I’m a British-Canadian author writing full-time in Lincolnshire England. While I lived most of my life in Canada and the USA, I’m glad to be home!
My overactive imagination fills my mind with three dimensional puzzles of stacked what-if questions that cry out for answers. In my writer’s den, I dream up whimsical adventures that range from the satirical to the macabre while wrestling my ginger tabby Jazz for control of the keyboard.
Hi Charles! Thanks for the inclusion in your recent dieselpunk post (which I also thoroughly enjoyed reading)! I wondered if you’d be interested in reviewing the book on your blog? If you don’t already have a copy, I would happily email you a free eBook copy.
Very excited to read your novel as well, as I find there isn’t nearly enough dieselpunk fiction out there (in contrast to the bevy of steampunk offerings). Thanks again for the mention, and let me know if you’d like me to email you a copy!
Best,
-Dan Glaser, author of “A Fistful of Nothing”
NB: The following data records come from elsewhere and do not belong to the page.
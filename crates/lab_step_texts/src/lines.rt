//! An order of atomic steps, reported as the calls of callers are: a line for each turn, with the word after it.
ghost use Rattle.std.specs.Prelude.{◌≡◌, ◌++◌, IfOk, OnOk, string_bytes};
ghost use Rattle.lab_step_orders.specs.Moments.{IsMoment, seen_of};
ghost use Rattle.lab_step_texts.specs.Lines as lines;
ghost use Rattle.lab_step_texts.specs.Lines.{called_text, doing_text, front_text, lines_text, made_text, open_text, order_lines, said_text, step_text, turn_line};

use crate::shown::show_turn;
use lab_step_orders::{
    CoreChange, Crew, Moment, MutexStep, Then, Turn, Visit, WordStep, call_made, first_moment,
    gate_word, moment_after, turn_of,
};
use std::alloc::{AllocError, Global};

// The word of a step on a mutex: a wait ends by a finish.
fn mutex_word(step: MutexStep) -> &'static str
    ensures { result.now ≡ lines.mutex_word step }
{
    match step {
        MutexStep::Try => "try",
        MutexStep::Unlock => "unlock",
        MutexStep::Win | MutexStep::Mark => "claim",
        MutexStep::Offer(_, _) => "offer",
        MutexStep::Free => "free",
        MutexStep::Accept | MutexStep::Forget => "finish",
    }
}

// Writes a step, and the word at which it is.
fn put_made(text: &mut String, step: WordStep) -> Result<(), AllocError>
    ensures { OnOk result (string_bytes text.new ≡ string_bytes text.old ++ made_text step) }
{
    match step {
        WordStep::AtGate(stax, step) => {
            let word = gate_word(step);
            let number = stax.0;
            write!(text, "{word} stax={number}")
        }
        WordStep::AtMutex(mutex, step) => {
            let word = mutex_word(step);
            let number = mutex.0;
            write!(text, "{word} mutex={number}")
        }
    }
}

// Writes the call that the kernel gets, or that a call is refused.
fn put_called(
    alloc: Global,
    text: &mut String,
    crew: &Crew,
    visit: Option<Visit>,
) -> Result<(), AllocError>
    ensures { OnOk result (string_bytes text.new ≡ string_bytes text.old ++ called_text crew.now visit) }
{
    match visit {
        Some(visit) => {
            let call = call_made(alloc, crew, visit)?;
            write!(text, "{call}")
        }
        None => text.push_str("refused"),
    }
}

// Writes the step of a turn, or else its call.
fn put_step(alloc: Global, text: &mut String, crew: &Crew, turn: Turn) -> Result<(), AllocError>
    ensures { OnOk result (string_bytes text.new ≡ string_bytes text.old ++ step_text crew.now turn.step turn.visit) }
{
    match turn.step {
        Some(step) => put_made(text, step),
        None => put_called(alloc, text, crew, turn.visit),
    }
}

// Writes what a turn does.
fn put_doing(alloc: Global, text: &mut String, crew: &Crew, turn: Turn) -> Result<(), AllocError>
    ensures { OnOk result (string_bytes text.new ≡ string_bytes text.old ++ doing_text crew.now turn.core turn) }
{
    match turn.core {
        CoreChange::Takes => text.push_str("take"),
        CoreChange::Gives => {
            if turn.visit.is_some() {
                put_step(alloc, text, crew, turn)
            } else {
                text.push_str("give")
            }
        }
        CoreChange::Ends | CoreChange::Same => put_step(alloc, text, crew, turn),
    }
}

// The words for a turn that answers no call.
fn open_text(change: CoreChange) -> &'static str
    ensures { result.now ≡ open_text change }
{
    match change {
        CoreChange::Gives => "done",
        CoreChange::Takes | CoreChange::Ends | CoreChange::Same => "goes on",
    }
}

// Writes what a turn's call is answered.
fn put_said(text: &mut String, turn: Turn) -> Result<(), AllocError>
    ensures { OnOk result (string_bytes text.new ≡ string_bytes text.old ++ said_text turn.core turn.then) }
{
    match turn.then {
        Then::Stands(_) => text.push_str(open_text(turn.core)),
        Then::Answers(answer) => write!(text, "{answer}"),
    }
}

// Writes the front part of a turn's line.
fn put_front(
    alloc: Global,
    text: &mut String,
    crew: &Crew,
    number: usize,
    caller: u16,
    turn: Turn,
) -> Result<(), AllocError>
    ensures { OnOk result (string_bytes text.new ≡ string_bytes text.old ++ front_text crew.now number caller turn) }
{
    write!(text, "{number} T{caller} ")?;
    put_doing(alloc, text, crew, turn)?;
    text.push_str(" -> ")?;
    put_said(text, turn)
}

// Writes the line of a turn, after which the words stand so.
fn put_line(
    alloc: Global,
    text: &mut String,
    crew: &Crew,
    number: usize,
    caller: u16,
    turn: Turn,
    behind: &Moment,
) -> Result<(), AllocError>
    ensures { OnOk result (string_bytes text.new ≡ string_bytes text.old ++ turn_line crew.now number caller turn (seen_of crew.now behind.now)) }
{
    put_front(alloc, text, crew, number, caller, turn)?;
    show_turn(text, behind, turn)?;
    text.push_str("\n")
}

// Writes the lines of an order from a moment on.
fn put_lines(
    alloc: Global,
    text: &mut String,
    crew: &Crew,
    start: Moment,
    order: &[u16],
) -> Result<(), AllocError>
    requires { IsMoment crew.now start }
    ensures { OnOk result (string_bytes text.new ≡ string_bytes text.old ++ lines_text crew.now 1 (seen_of crew.now start) order.now) }
{
    let mut at = start;
    for (i, caller) in order.iter().enumerate() {
        let Some(turn) = turn_of(alloc, crew, &at, *caller)? else {
            return Ok(());
        };
        let next = moment_after(alloc, crew, &at, *caller, turn)?;
        put_line(alloc, text, crew, i + 1, *caller, turn, &next)?;
        at = next;
    }
    Ok(())
}

/// The lines of an order of atomic steps, from the first moment on: of each turn its number from 1, its thread, the step,
/// what the call is answered, and how the word is after it that it changes, as `lab callers` shows it. It ends where
/// the next of these callers makes no turn. `AllocError` where memory couldn't grow.
pub fn write_order_lines(alloc: Global, crew: &Crew, order: &[u16]) -> Result<String, AllocError>
    ensures { IfOk result (λ text. string_bytes text ≡ order_lines crew.now order.now) }
{
    let mut text = String::new(alloc);
    let start = first_moment(alloc, crew)?;
    put_lines(alloc, &mut text, crew, start, order)?;
    Ok(text)
}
Charles, I’d love to include photos from your website in the Perihelion Science Fiction book review (August 2014 edition), if Sam agrees to it and if you and your artists do. You must be offline this weekend. Your illustrated edition of Dragonfly is a steal at $3.99 and I hope you sell millions of this book!
Mr. Cornell,
I listened to your talk at the St. Petersburg main library last Thursday. I’d like to thank you for making me more aware of
additional kinds of “punk”.
With regard to the date of transition from steam to diesel punk, I was a little puzzled. Diesel got his patent on the diesel
cycle in 1895, but I couldn’t remember any transition between steam and diesel power. Certainly not for automobiles or for
electric power generation. Then I remembered that there was a transition between steam and diesel on railroad locomotives.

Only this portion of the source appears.